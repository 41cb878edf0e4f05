//! Digests standard input as often as the first argument says, once without one, and prints the digest's line.
//! The second argument `sha3-256` asks for SHA3-256 in place of SHA-256. For measuring: see docs/BENCHMARKS.md.
#![tactic(auto)]

use digest::digesting::digest_bytes;
use digest::interface::Digest;
use digest_line::line::hex_line;
use sha3::state::Sha3;
use sha256::state::Sha256;
use std::env;
use std::io::{Read, Write};

#[derive(Clone, Copy)]
enum Algorithm {
    Sha256,
    Sha3,
}

impl Algorithm {
    /// The algorithm that a word asks for: SHA-256, unless the word is `sha3-256`.
    fn named(word: &str) -> Algorithm {
        match word {
            "sha3-256" => Algorithm::Sha3,
            _ => Algorithm::Sha256,
        }
    }
}

/// What is asked for.
#[derive(Drop)]
struct Order {
    times: u32,
    algorithm: Algorithm,
}

fn repeat<G: Digest>(bytes: &[u8], times: u32, area: &mut [u8]) {
    for _ in 0..times {
        let _ = digest_bytes::<G>(bytes, area);
    }
}

fn read_order(rt: &HostRuntime) -> anyhow::Result<Order> {
    let mut args = env::args(rt)?;
    let _program = args.next();
    let times = match args.next() {
        Some(word) => word.as_str().parse::<u32>()?,
        None => 1,
    };
    let algorithm = match args.next() {
        Some(word) => Algorithm::named(word.as_str()),
        None => Algorithm::Sha256,
    };
    Ok(Order { times, algorithm })
}

fn run(rt: &HostRuntime) -> anyhow::Result<()> {
    let mut bytes = Vec::new(rt.alloc());
    rt.stdin().read_to_end(&mut bytes)?;
    let mut area = [0u8; 32];
    let order = read_order(rt)?;
    match order.algorithm {
        Algorithm::Sha256 => repeat::<Sha256>(bytes.as_slice(), order.times, &mut area),
        Algorithm::Sha3 => repeat::<Sha3>(bytes.as_slice(), order.times, &mut area),
    }
    let line = hex_line(rt.alloc(), b"", &area, b"  -\n")?;
    rt.stdout().write_all(line.as_slice())?;
    Ok(())
}

fn main(rt: HostRuntime) -> anyhow::Result<()> {
    run(&rt)
}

Work required:
Give back every entry above, complete and exact.

Solution to this problem:
repository 41cb878edf0e4f05
//! Digests standard input as often as the first argument says, once without one, and prints the digest's line.
//! The second argument `sha3-256` asks for SHA3-256 in place of SHA-256. For measuring: see docs/BENCHMARKS.md.
#![tactic(auto)]

use digest::digesting::digest_bytes;
use digest::interface::Digest;
use digest_line::line::hex_line;
use sha3::state::Sha3;
use sha256::state::Sha256;
use std::env;
use std::io::{Read, Write};

#[derive(Clone, Copy)]
enum Algorithm {
    Sha256,
    Sha3,
}

impl Algorithm {
    /// The algorithm that a word asks for: SHA-256, unless the word is `sha3-256`.
    fn named(word: &str) -> Algorithm {
        match word {
            "sha3-256" => Algorithm::Sha3,
            _ => Algorithm::Sha256,
        }
    }
}

/// What is asked for.
#[derive(Drop)]
struct Order {
    times: u32,
    algorithm: Algorithm,
}

fn repeat<G: Digest>(bytes: &[u8], times: u32, area: &mut [u8]) {
    for _ in 0..times {
        let _ = digest_bytes::<G>(bytes, area);
    }
}

fn read_order(rt: &HostRuntime) -> anyhow::Result<Order> {
    let mut args = env::args(rt)?;
    let _program = args.next();
    let times = match args.next() {
        Some(word) => word.as_str().parse::<u32>()?,
        None => 1,
    };
    let algorithm = match args.next() {
        Some(word) => Algorithm::named(word.as_str()),
        None => Algorithm::Sha256,
    };
    Ok(Order { times, algorithm })
}

fn run(rt: &HostRuntime) -> anyhow::Result<()> {
    let mut bytes = Vec::new(rt.alloc());
    rt.stdin().read_to_end(&mut bytes)?;
    let mut area = [0u8; 32];
    let order = read_order(rt)?;
    match order.algorithm {
        Algorithm::Sha256 => repeat::<Sha256>(bytes.as_slice(), order.times, &mut area),
        Algorithm::Sha3 => repeat::<Sha3>(bytes.as_slice(), order.times, &mut area),
    }
    let line = hex_line(rt.alloc(), b"", &area, b"  -\n")?;
    rt.stdout().write_all(line.as_slice())?;
    Ok(())
}

fn main(rt: HostRuntime) -> anyhow::Result<()> {
    run(&rt)
}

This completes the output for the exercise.